TASK PROMPT: Go through the entries, filter for the word "HEADER", and copy every line that has it.

DATA EXTRACT:
★ ★ ★ ★ ★
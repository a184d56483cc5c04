// The list of rules, each once.
ghost use Rattle.std.specs.Prelude.{◌≡◌, [], ◌∷◌, ◌<◌, length as length_of};
ghost use Rattle.grammar.specs.Accepted.{max_rules};
ghost use Rattle.grammar.specs.inner.Decoded.{all_words, rules_of as listed};
ghost use Rattle.written.specs.Split as spec;
ghost use Rattle.written.specs.Translation.{equal, has_rule};
ghost use Rattle.translation.specs.inner.Lists.{rule_in, Lists};

use grammar::limits::RULES;
use grammar::rules::{NONE, Rules};

// The rules listed so far: fewer than a file can have, which has rule 0 besides.
#[derive(Drop)]
pub struct RuleList {
    pub rules: Rules,
    ghost long: { length_of rules.words ≡ all_words },
    ghost few: { rules.count < max_rules },
}

// There is no room for another rule.
#[derive(Clone, Copy, PartialEq, Eq, Debug)]
pub struct Full;

// Whether rule `r` is a ::= b c. A rule goes as three numbers: callers would write `Rule { left: a, first: b, second: NONE }` for
// `a, b, NONE`, and `Rules`, where the words stand one by one, would take it apart again.
fn is_rule(rules: &Rules, r: usize, a: usize, b: usize, c: usize) -> bool
    requires { r < max_rules }
    ensures { result ≡ equal (rule_in rules.now.words r) (spec.rule a b c) }
{
    rules.left(r) == a && rules.first(r) == b && rules.second(r) == c
}

impl RuleList {
    // No rule.
    pub fn new() -> RuleList
        ensures { listed result.rules ≡ [] }
    {
        RuleList {
            rules: Rules::new(),
        }
    }

    // Whether one of the rules is a ::= b c.
    fn has(&self, a: usize, b: usize, c: usize) -> bool
        ensures { result ≡ has_rule (listed self.now.rules) (spec.rule a b c) }
    {
        for r in 0..self.rules.count {
            if is_rule(&self.rules, r, a, b, c) {
                return true;
            }
        }
        false
    }

    // One rule more, unless the list has it.
    pub fn add(&mut self, a: usize, b: usize, c: usize) -> Result<(), Full>
        requires { (a < 65536) × (b < 65536) × (c < 65536) }
        ensures { Lists (listed self.old.rules) result (listed self.new.rules) (spec.rule a b c ∷ []) }
    {
        if self.has(a, b, c) {
            return Ok(());
        }
        if RULES <= self.rules.count + 1 {
            return Err(Full);
        }
        self.rules.push(a, b, c);
        Ok(())
    }

    // The same where `yes` says so. No `if` at the callers: `given` in the specs is this step too, and its two cases are proved once.
    fn add_if(&mut self, yes: bool, a: usize, b: usize, c: usize) -> Result<(), Full>
        requires { (a < 65536) × (b < 65536) × (c < 65536) }
        ensures { Lists (listed self.old.rules) result (listed self.new.rules) (spec.given yes (spec.rule a b c ∷ [])) }
    {
        if !yes {
            return Ok(());
        }
        self.add(a, b, c)
    }

    // A pair's rules more: a ::= b c; a ::= b where c may be empty; a ::= c where b may be empty.
    pub fn pair(
        &mut self,
        a: usize,
        b: usize,
        c: usize,
        b_empty: bool,
        c_empty: bool,
    ) -> Result<(), Full>
        requires { (a < 65536) × (b < 65536) × (c < 65536) }
        ensures { Lists (listed self.old.rules) result (listed self.new.rules) (spec.pair a b c b_empty c_empty) }
    {
        self.add(a, b, c)?;
        self.add_if(c_empty, a, b, NONE)?;
        self.add_if(b_empty, a, c, NONE)
    }
}
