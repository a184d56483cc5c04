// Whether a nonterminal derives itself.
ghost use Rattle.std.specs.Prelude.{◌≡◌, false, ℕ, ◌≤◌, ◌<◌, length as length_of, replicate};
ghost use Rattle.laws.specs.Decides.{Decides};
ghost use Rattle.written.specs.Written.{MayBeEmpty};
ghost use Rattle.written.specs.Lists.{Each};
ghost use Rattle.written.specs.Form.{written_of};
ghost use Rattle.written.specs.Refusals.{Circular};
ghost use Rattle.translation.specs.inner.Symbols.{LowRule};
ghost use Rattle.translation.specs.inner.Marks.{most_symbols, marked, MarksAre, walk};
ghost use Rattle.translation.specs.inner.Circles as circles;

use crate::marks::{MOST, Marks};
use crate::rules::{Written, WrittenRule};

// How many symbols on the right may not be empty.
fn filled(rule: &WrittenRule<'_>, empty: &Marks) -> usize
    ensures { result ≡ circles.filled_in (marked empty.now) rule.now.right }
{
    rule.right().filter(|x| !empty[*x as usize]).count()
}

// Whether a rule with `k` places that may not be empty leads to a place, by whether that may be empty.
fn leads(k: usize, empty: bool) -> bool
    ensures { result ≡ circles.leading k empty }
{
    k == 0 || k == 1 && !empty
}

// Marks those on the right of a rule, with `k` places that may not be empty, that it leads to.
fn mark_led(rule: &WrittenRule<'_>, empty: &Marks, led: &mut Marks, k: usize)
    ensures { led.new ≡ circles.marks_if (λ (x : ℕ). circles.leading k (marked empty.now x)) led.old rule.now.right }
{
    for x in rule.right() {
        let x = x as usize;
        if leads(k, empty[x]) {
            led[x] = true;
        }
    }
}

// Marks the symbols that a held one leads to, and no others.
fn led_by(written: &Written<'_>, empty: &Marks, held: &Marks, led: &mut Marks)
    ensures walked { led.new
        ≡ walk (circles.leads (marked empty.now) (marked held.now)) (replicate most_symbols false) (written_of written.now).rules }
    ensures low { Each LowRule (written_of written.now).rules }
{
    *led = [false; MOST];
    for rule in written.rules() {
        if held[rule.left() as usize] {
            mark_led(&rule, empty, led, filled(&rule, empty));
        }
    }
}

// Drops the held symbols that are not led to. Whether there was one.
fn drop_others(held: &mut Marks, led: &Marks) -> bool
    ensures { circles.Dropped held.old led.now held.new result }
{
    let mut some = false;
    for a in 0..MOST {
        if held[a] && !led[a] {
            held[a] = false;
            some = true;
        }
    }
    some
}

// Drops the held symbols that no held one leads to. Whether there was one.
fn drop_once(written: &Written<'_>, empty: &Marks, held: &mut Marks, led: &mut Marks) -> bool
    ensures walked { led.new
        ≡ walk (circles.leads (marked empty.now) (marked held.old)) (replicate most_symbols false) (written_of written.now).rules }
    ensures low { Each LowRule (written_of written.now).rules }
    ensures dropped { circles.Dropped held.old led.new held.new result }
{
    led_by(written, empty, held, led);
    drop_others(held, led)
}

// Of the symbols held, all at first, those are kept to which one held leads. Of those left when none can be dropped one leads to itself.
pub fn circular(written: &Written<'_>, empty: &Marks, held: &mut Marks, led: &mut Marks) -> bool
    requires { MarksAre (MayBeEmpty (written_of written.now)) empty.now }
    ensures { Decides result (Circular (written_of written.now)) }
{
    *held = [true; MOST];
    while drop_once(written, empty, held, led) {}
    held.contains(&true)
}
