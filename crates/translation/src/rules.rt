// A grammar of the written form, its rules and their symbols, read in place.
ghost use Rattle.std.specs.Prelude.{◌≡◌, ℕ, List, ◌+◌, ◌*◌, ◌≤◌, ◌<◌, length as length_of};
ghost use Rattle.std.specs.Option.{MatchOption};
ghost use Rattle.std.specs.Iterator.{YieldsFirst, YieldsFirstBy, item_count};
ghost use Rattle.written.specs.Written.{WrittenRule as SpecRule};
ghost use Rattle.written.specs.Lists.{Each};
ghost use Rattle.translation.specs.inner.Symbols.{Narrow, LowRule};
ghost use Rattle.written.specs.Form.{Formed, RuleStands, RulesStand, written_of, tokens_in, end_in, start_in, longest};
ghost use Rattle.written.specs.Form.{symbols_at, rule_at, rules_at};

use crate::form;
use crate::form::{HEAD, HEADER};
use grammar::file::u16_at;
use std::marker::Model;

// Symbols in two bytes each, one behind the other. A clause sees those that are still to come.
#[derive(Drop)]
pub struct Symbols<'a> {
    bytes: &'a [u8],
    at: usize,
    left: usize,
}

impl<'a> Model for Symbols<'a> {
    ghost Value = { List ℕ };

    ghost view = { λ s. symbols_at s.bytes.now s.at s.left };

    ghost invariant = { λ s. s.at + 2 * s.left ≤ length_of s.bytes.now };
}

impl<'a> Symbols<'a> {
    // The `n` symbols at `at`.
    pub fn new(bytes: &'a [u8], at: usize, n: usize) -> Symbols<'a>
        requires { at + 2 * n ≤ length_of bytes.now }
        ensures { result ≡ symbols_at bytes.now at n }
    {
        Symbols { bytes, at, left: n }
    }
}

impl<'a> Iterator for Symbols<'a> {
    type Item = u16;

    ghost next_gives = { YieldsFirst (λ s. s) };

    ghost remaining = { item_count (λ s. s) };

    // Places are counted by hand here and in the rules' `next` alone: the specs name a symbol and a rule by its place in the bytes.
    fn next(&mut self) -> Option<u16> {
        if self.left == 0 {
            return None;
        }
        let x = u16_at(self.bytes, self.at) as u16;
        self.at += 2;
        self.left -= 1;
        Some(x)
    }
}

// A rule. A clause sees it as it is written.
#[derive(Drop)]
pub struct WrittenRule<'a> {
    bytes: &'a [u8],
    at: usize,
}

impl<'a> Model for WrittenRule<'a> {
    ghost Value = { SpecRule };

    ghost view = { λ r. rule_at r.bytes.now r.at };

    ghost invariant = { λ r. RuleStands r.bytes.now r.at };
}

impl<'a> WrittenRule<'a> {
    // The symbol on its left side.
    pub fn left(&self) -> u16
        ensures { result ≡ self.now.left }
    {
        u16_at(self.bytes, self.at) as u16
    }

    // Those on its right side, 16 at most.
    pub fn right(&self) -> Symbols<'a>
        ensures { (result ≡ self.now.right) × (length_of self.now.right ≤ longest) }
    {
        Symbols::new(self.bytes, self.at + HEAD, u16_at(self.bytes, self.at + 2))
    }
}

// Rules, one behind the other. A clause sees those that are still to come.
#[derive(Drop)]
pub struct WrittenRules<'a> {
    bytes: &'a [u8],
    at: usize,
    left: usize,
}

impl<'a> Model for WrittenRules<'a> {
    ghost Value = { List SpecRule };

    ghost view = { λ r. rules_at r.bytes.now r.at r.left };

    ghost invariant = { λ r. RulesStand r.bytes.now r.at r.left };
}

impl<'a> Iterator for WrittenRules<'a> {
    type Item = WrittenRule<'a>;

    ghost next_gives = { YieldsFirst (λ s. s) };

    ghost remaining = { item_count (λ s. s) };

    fn next(&mut self) -> Option<WrittenRule<'a>> {
        if self.left == 0 {
            return None;
        }
        let at = self.at;
        self.at = form::next(self.bytes, at);
        self.left -= 1;
        Some(WrittenRule {
            bytes: self.bytes,
            at,
        })
    }
}

// Bytes of the form. A clause sees the bytes.
#[derive(Drop)]
pub struct Written<'a> {
    bytes: &'a [u8],
}

impl<'a> Model for Written<'a> {
    ghost Value = { List ℕ };

    ghost view = { λ w. w.bytes.now };

    ghost invariant = { λ w. Formed w.bytes.now × Narrow w.bytes.now };
}

impl<'a> Written<'a> {
    // None where they are not of the form.
    pub fn read(bytes: &'a [u8]) -> Option<Written<'a>>
        ensures { MatchOption result (Formed bytes.now → ⊥) (λ written. (written ≡ bytes.now) × Formed written) }
    {
        if !form::formed(bytes) {
            return None;
        }
        Some(Written { bytes })
    }

    // T, the number of tokens.
    pub fn tokens(&self) -> usize
        ensures { (result ≡ tokens_in self.now) × (result < 65536) × Formed self.now }
    {
        form::tokens(self.bytes)
    }

    // T+M, the number of tokens and nonterminals.
    pub fn end(&self) -> usize
        ensures { (result ≡ end_in self.now) × (result < 131072) × Formed self.now × Narrow self.now }
    {
        form::end(self.bytes)
    }

    // S, the start symbol.
    pub fn start(&self) -> usize
        ensures { (result ≡ start_in self.now) × (result < 65536) }
    {
        form::start(self.bytes)
    }

    // The rules, in their order.
    pub fn rules(&self) -> WrittenRules<'a>
        ensures rules { result ≡ (written_of self.now).rules }
        ensures low { Each LowRule result }
        ensures few { length_of result < 65536 }
    {
        WrittenRules {
            bytes: self.bytes,
            at: HEADER,
            left: form::rule_count(self.bytes),
        }
    }
}
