// The rules that the written rules are split into, listed.
ghost use Rattle.std.specs.Prelude.{◌+◌, ◌≤◌, ◌<◌, length as length_of};
ghost use Rattle.grammar.specs.inner.Decoded.{rules_of as listed};
ghost use Rattle.written.specs.Form as form;
ghost use Rattle.written.specs.Split as spec;
ghost use Rattle.written.specs.Translation as translation;
ghost use Rattle.translation.specs.inner.Marks.{marked};
ghost use Rattle.translation.specs.inner.Lists.{Lists};

use crate::form::LONGEST;
use crate::list::{Full, RuleList};
use crate::marks::Marks;
use crate::places::{number, places};
use crate::rules::Written;
use grammar::rules::NONE;

// Which symbols stay, and which may be empty.
#[derive(Clone, Copy)]
pub struct Tests<'a> {
    pub keep: &'a Marks,
    pub empty: &'a Marks,
}

// Lists the rules of a ::= two places or more: each place but the first and the last gives a new symbol, from `from` on.
fn join(
    list: &mut RuleList,
    tests: &Tests<'_>,
    a: usize,
    held: &[u16],
    from: usize,
) -> Result<(), Full>
    requires { (a < 65536) × (2 ≤ length_of held.now) × (from + length_of held.now < 65536) }
    ensures { Lists (listed list.old.rules) result (listed list.new.rules)
        (spec.split (translation.number (marked tests.now.keep.now)) (marked tests.now.empty.now) a held.now from) }
{
    let first = held[0] as usize;
    let mut head = number(tests.keep, first);
    let mut head_empty = tests.empty[first];
    let mut fresh = from;
    for i in 1..held.len() - 1 {
        let x = held[i] as usize;
        let x_empty = tests.empty[x];
        list.pair(fresh, head, number(tests.keep, x), head_empty, x_empty)?;
        head = fresh;
        head_empty = head_empty && x_empty;
        fresh += 1;
    }
    let last = held[held.len() - 1] as usize;
    list.pair(
        a,
        head,
        number(tests.keep, last),
        head_empty,
        tests.empty[last],
    )
}

// Lists the rules of a ::= its places.
fn split(
    list: &mut RuleList,
    tests: &Tests<'_>,
    a: usize,
    held: &[u16],
    from: usize,
) -> Result<(), Full>
    requires { (a < 65536) × (from + length_of held.now < 65536) }
    ensures { Lists (listed list.old.rules) result (listed list.new.rules)
        (spec.split (translation.number (marked tests.now.keep.now)) (marked tests.now.empty.now) a held.now from) }
{
    match held.len() {
        0 => Ok(()),
        1 => list.add(a, number(tests.keep, held[0] as usize), NONE),
        _ => join(list, tests, a, held, from),
    }
}

// Lists the rules of the written rules, where new symbols are numbered from `from` on. The list is lent: 17 KB of a call's stack, once.
pub fn list(
    written: &Written<'_>,
    tests: &Tests<'_>,
    from: usize,
    list: &mut RuleList,
) -> Result<(), Full>
    requires { from + translation.all_new (marked tests.now.keep.now) (form.written_of written.now).rules ≤ 512 }
    ensures { Lists (listed list.old.rules) result (listed list.new.rules)
        (translation.splits (marked tests.now.keep.now) (marked tests.now.empty.now) (form.written_of written.now).rules from) }
{
    let mut room = [0; LONGEST];
    let mut fresh = from;
    for rule in written.rules() {
        let held = places(&rule, tests.keep, &mut room);
        let a = number(tests.keep, rule.left() as usize);
        split(list, tests, a, held, fresh)?;
        fresh += held.len().saturating_sub(2);
    }
    Ok(())
}
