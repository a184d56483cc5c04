// What 18 and 19 ask of every nonterminal. The marks are lent for the work alone.
ghost use Rattle.std.specs.Prelude.{◌≤◌, ◌<◌};
ghost use Rattle.written.specs.Form.{end_in};
ghost use Rattle.translation.specs.inner.Marks.{most_symbols};
ghost use Rattle.translation.specs.Conditions.{SaysFruitful, SaysReachable};

use crate::grow::fruitful;
use crate::marks::{MOST, Marks};
use crate::reach::reachable;
use crate::rules::Written;

// Whether every nonterminal derives a token string. Of one that two bytes cannot name there is no rule.
pub fn all_fruitful(written: &Written<'_>, marks: &mut Marks) -> bool
    ensures { SaysFruitful written.now result }
{
    let all = written.end();
    if MOST < all {
        return false;
    }
    fruitful(written, marks);
    !marks[written.tokens()..all].contains(&false)
}

// Whether every nonterminal is reachable, where two bytes can name them all.
pub fn all_reachable(written: &Written<'_>, marks: &mut Marks) -> bool
    requires { end_in written.now ≤ most_symbols }
    ensures { SaysReachable written.now result }
{
    reachable(written, marks);
    !marks[written.tokens()..written.end()].contains(&false)
}
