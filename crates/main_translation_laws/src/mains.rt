//! Main programs of numbers and what is made for them, as the contract of a call that does nothing.

ghost use Rattle.std.specs.Prelude.{◌≡◌, Some};
ghost use Rattle.main_programs.specs.lowering.Units.{lowered_unit};
ghost use Rattle.main_programs.specs.main_translation.Outlined.{body_of};
ghost use Rattle.main_programs.specs.MainRuns.{plain_facts};
ghost use Rattle.main_translation_laws.specs.PlainMains.{IsPlainMain, IsPlainText, PlainMainsRunAlike};
ghost use Rattle.main_translation_laws.specs.Example.{its_unit, its_text, its_statements};

/// A main program whose names are integers and logicals with storage of their own runs as the C file that `main_translation` makes for it, for every state of
/// the units and every number of steps, where it is lowered, and statements are made for it. What is asked of the unit is said of its
/// statements and names alone; names in C, types of temporaries, labels and calls of the library need no care of the caller.
pub fn plain_mains_run_alike()
    ensures { PlainMainsRunAlike }
{}

/// A main program with a DO loop, a block of two arms, an output of a value and a branch: all that is asked of it is so, and the statements that are said are
/// made for it.
pub fn example_is_made()
    ensures plain { IsPlainMain its_unit }
    ensures lowered { lowered_unit (plain_facts its_unit) ≡ Some its_text }
    ensures short { IsPlainText its_text }
    ensures made { body_of its_unit its_text ≡ Some its_statements }
{}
★ ★ ★ ★ ★
TASK ANSWER:
use crate::form::{HEAD, HEADER};
            at: HEADER,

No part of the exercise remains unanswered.